Disagreeing with you is not the same as not understanding. There clearly isn't a consensus, but no shortage of people just asserting that others are wrong.
If you have access to any language models, I encourage you to ask this question:
> What is the significance of the word "source" in the expression "source code"?
I landed on this question by first asking it about "open source" rather than "source code", but the answers referred to "source code", which is a bit circular for this conversation. I'll share a truncated version of how Mistral Large replied:
> It is called the "source" because it is the origin or the primary input from which the executable form of the program is derived.
The primary input from which a language model is derived is the training data. That is the source. If the training data for a model is not open, then the model is not open source, because the source of the model is not open.
While I agree, that the term "Open Source model" is misleading, an "open weight model" is much more than closed source executable. It is quite easy to modify the model and it's possible to verify and test the model. It looks like "open weight models" are just a new paradigma in the world of CS.
It's a matter of opinion how much open model should be to be called 'open source'. Looks like some believe they have the right to define it for everybody else to use. Like for software. Have to disagree. Why don't we introduce a separate term: 'open source, training infrastructure and data included for free'?
"open weight model" is confusing, because actually the architecture is open too, only data is missing.

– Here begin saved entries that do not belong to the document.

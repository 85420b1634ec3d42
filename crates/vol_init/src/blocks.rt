//! The blocks of a fresh volume, part by part.
ghost use Rattle.std.specs.Prelude.{◌≡◌, ◌≤◌, ◌<◌, ◌+◌, ◌*◌, ◌==◌, nat_lt, ℕ, [], Ok, IsTrue, if◌then◌else◌};
ghost use Rattle.fx_home.specs.Homes.{IsWithinLimits};
ghost use Rattle.fx_header.specs.declared.slot.Slot.TheVariants.{Used};
ghost use Rattle.fx_header.specs.Headers.{header_read, runs_in, has_offsets, map_area, header_bytes, with_runs, ReadsBack};
ghost use Rattle.fx_bitmap.specs.Bits.{bit_at};
ghost use Rattle.vol_parts.specs.Volumes.{rows_in};
ghost use Rattle.vol_init.specs.Layouts.{IsLayout, reserved_clusters, total, header_of, text_of, runs_of, quota_rows};
ghost use Rattle.vol_init.specs.Parts.{home_copy_bytes, header_block, quota_block, is_free, IsInside, Says};
ghost use Rattle.vol_init.specs.Plans.{IsPlan};

use crate::part::Part;
use crate::plan::Plan;
use crate::{Layout, SYSTEM_OWNER, USER_OWNER, text_of};
use base_words::{Block, put_long, put_word, set_sum, sum_of, zeros};
use fx_bitmap::set_bits;
use fx_header::{Run, free_slot, new_header, set_runs};
use fx_home::{Home, Scb, home_block, scb_block};
use fx_quota::{Row, set_row};

/// Where the LBN of a home block stands in it, in bytes.
const HOMELBN: usize = 0;
/// Where its VBN stands.
const HOMEVBN: usize = 16;
/// Where the sum of its first 29 words stands.
const CHECKSUM1: usize = 58;

/// The copy of the home block, with its own place and sums.
#[tactic(auto, unfolding(crate::specs::Parts::home_copy_bytes, fx_home::specs::Homes::with_sum1))]
fn home_copy(home: &Home) -> Block
    requires { IsWithinLimits home.now }
    ensures { result ≡ home_copy_bytes home.now }
{
    let mut b = home_block(home);
    let vbn = 2 * home.cluster + 1;
    put_long(&mut b, HOMELBN, u32::from(2 * home.cluster));
    put_word(&mut b, HOMEVBN, vbn);
    let sum = sum_of(&b, 29);
    put_word(&mut b, CHECKSUM1, sum);
    set_sum(&mut b);
    b
}

/// The header of a system file, without its runs.
fn bare_header(layout: &Layout, n: u32) -> Block
    requires layout { IsLayout layout.now }
    requires room { reserved_clusters layout.now ≤ total layout.now }
    requires from { 1 ≤ n }
    requires to { n ≤ 11 }
    ensures written { result ≡ header_bytes (header_of layout.now n) (text_of n) (4, 4) }
    ensures offsets { IsTrue (has_offsets result) }
    ensures area { map_area result ≡ 155 }
    ensures reads { ReadsBack result (header_of layout.now n) }
{
    new_header(&layout.header_of(n), text_of(n), (4, 4))
}

/// Writes the runs of a system file into its header.
#[tactic(auto, unfolding(crate::specs::Layouts::runs_of))]
fn put_runs(b: &mut Block, layout: &Layout, n: u32)
    requires layout { IsLayout layout.now }
    requires room { reserved_clusters layout.now ≤ total layout.now }
    requires offsets { IsTrue (has_offsets b.old) }
    requires area { map_area b.old ≡ 155 }
    ensures { b.new ≡ with_runs b.old (runs_of layout.now n) }
{
    let clusters = layout.clusters_of(n);
    if clusters == 0 {
        set_runs(b, &[]);
        return;
    }
    let run = Run {
        lbn: layout.cluster * layout.first_cluster(n),
        count: layout.cluster * clusters,
    };
    set_runs(b, &[run]);
}

/// The header of a system file.
#[tactic(auto, unfolding(crate::specs::Parts::header_block))]
fn header_block(layout: &Layout, n: u32) -> Block
    requires layout { IsLayout layout.now }
    requires room { reserved_clusters layout.now ≤ total layout.now }
    requires from { 1 ≤ n }
    requires to { n ≤ 11 }
    ensures written { result ≡ header_block layout.now n }
    ensures reads { header_read result ≡ Ok (Used (header_of layout.now n)) }
    ensures runs { runs_in result ≡ runs_of layout.now n }
{
    let mut b = bare_header(layout, n);
    put_runs(&mut b, layout, n);
    b
}

/// The index-file bitmap: the system files' numbers are in use.
fn numbers_block() -> Block
    ensures { (i : ℕ) → i < 4096 → bit_at result i ≡ nat_lt i 11 }
{
    let mut b = zeros();
    set_bits(&mut b, 0, 11);
    b
}

/// A block of the storage bitmap: the clusters behind those of the system files are free.
fn storage_block(layout: &Layout, k: u32) -> Block
    requires layout { IsLayout layout.now }
    requires block { k < 16 }
    ensures { (i : ℕ) → i < 4096 → bit_at result i ≡ is_free layout.now (4096 * k + i) }
{
    let total = layout.blocks / layout.cluster;
    let from = layout
        .reserved_clusters()
        .saturating_sub(4096 * k)
        .min(4096);
    let to = total.saturating_sub(4096 * k).min(4096);
    let mut b = zeros();
    if from < to {
        set_bits(&mut b, from, to - from);
    }
    b
}

/// A block of QUOTA.SYS, the first of which has the rows.
#[tactic(auto, unfolding(crate::specs::Layouts::quota_rows, crate::specs::Parts::quota_block))]
fn quota_block(layout: &Layout, k: u32) -> Block
    requires { IsLayout layout.now }
    ensures written { result ≡ quota_block layout.now k }
    ensures rows { rows_in result ≡ (if k == 0 then quota_rows layout.now else []) }
{
    let mut b = zeros();
    if k > 0 {
        return b;
    }
    let quota = layout.blocks + layout.files;
    let system = Row {
        uic: SYSTEM_OWNER,
        usage: layout.cluster * layout.reserved_clusters() + 11,
        quota,
        over: 0,
    };
    let user = Row {
        uic: USER_OWNER,
        usage: 0,
        quota,
        over: 0,
    };
    set_row(&mut b, 0, &system);
    set_row(&mut b, 1, &user);
    b
}

/// The block of a part.
pub(crate) fn block_of(plan: &Plan, part: Part) -> Block
    requires plan { IsPlan plan.now }
    requires part { IsInside plan.now.layout part }
    ensures { Says plan.now.layout plan.now.home plan.now.main.items plan.now.lost.items part result }
{
    let layout = &plan.layout;
    match part {
        Part::HomeCopy => home_copy(&plan.home),
        Part::HeaderCopy => header_block(layout, 1),
        Part::Numbers => numbers_block(),
        Part::Header(n) => {
            if n <= 11 {
                header_block(layout, n)
            } else {
                free_slot(0)
            }
        }
        Part::Control => scb_block(&Scb {
            cluster: plan.home.cluster,
            blocks: layout.blocks,
        }),
        Part::Storage(k) => storage_block(layout, k),
        Part::Main(k) => plan.main[k as usize],
        Part::Lost(k) => plan.lost[k as usize],
        Part::Quota(k) => quota_block(layout, k),
    }
}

It's a different animal. In general you cannot reproduce the model even having all the training data. There are too many random factors and nobody keeps track of them. Just pushing the training data is done at random from the dataset. This results in some interesting facts. Having the model and the data it's impossible to say if the model was trained on that exactly data. All we can say is that some pieces of that data were used in training, in some cases. Model can be 'watermarked' in hard to detect, stable to quantization and finetuning way.
So, you cannot have a reproducible, 'open source' in its strict interpretation, model.
It seems like you can use "weights available" models to bootstrap "learning step available" models though?
I guess the problem is like, if these closed models have a folder 'McDonalds propaganda' with the dummy 'treat-as-facts' file, in the training set, which I as a user would like to not include?
Indeed, and once the 'McDonalds propaganda' folder has been laundered through the weights, there is no reliable way to scrub it, particularly without knowing what was in it - any generated data might contain a subtle echo of it.
Although training the actual model is not feasible for people without the funds and hardware, having those things would at least allow the model to be auditable. Otherwise, we really have no idea what these open weight models are doing. They could be biasing themselves in various ways that are invisible but damaging.
Another thing to watch out for is licensing. Only a few models use an actual open source license from OSI (like Apache). Many are using proprietary licenses that reference external terms that can change over time, or limit how you use their model. These restrictions are definitely not in the spirit of open source.
In other words, much of this is “openwashing”, which is a new trend like “greenwashing”.
Anyways, I think it’s great that these models are able to challenge the really big proprietary models like ones from OpenAI or Anthropic. This shows the models are not that interesting or unique, and that the differentiation will come from who has access to training data. That is why Microsoft is scrambling to violate users’ privacy with Copilot agents autolaunched at startup (https://www.pcmag.com/news/microsoft-tests-having-copilot-la...) and why Apple does not let you disable Siri training easily but only one by one for individual apps (https://www.imore.com/how-stop-siri-learning-how-you-use-app...). And that’s also why OpenAI and others seem to be pushing for regulations that restrict AI using excuses like “safety” or “ethics”, when it is really about regulatory capture.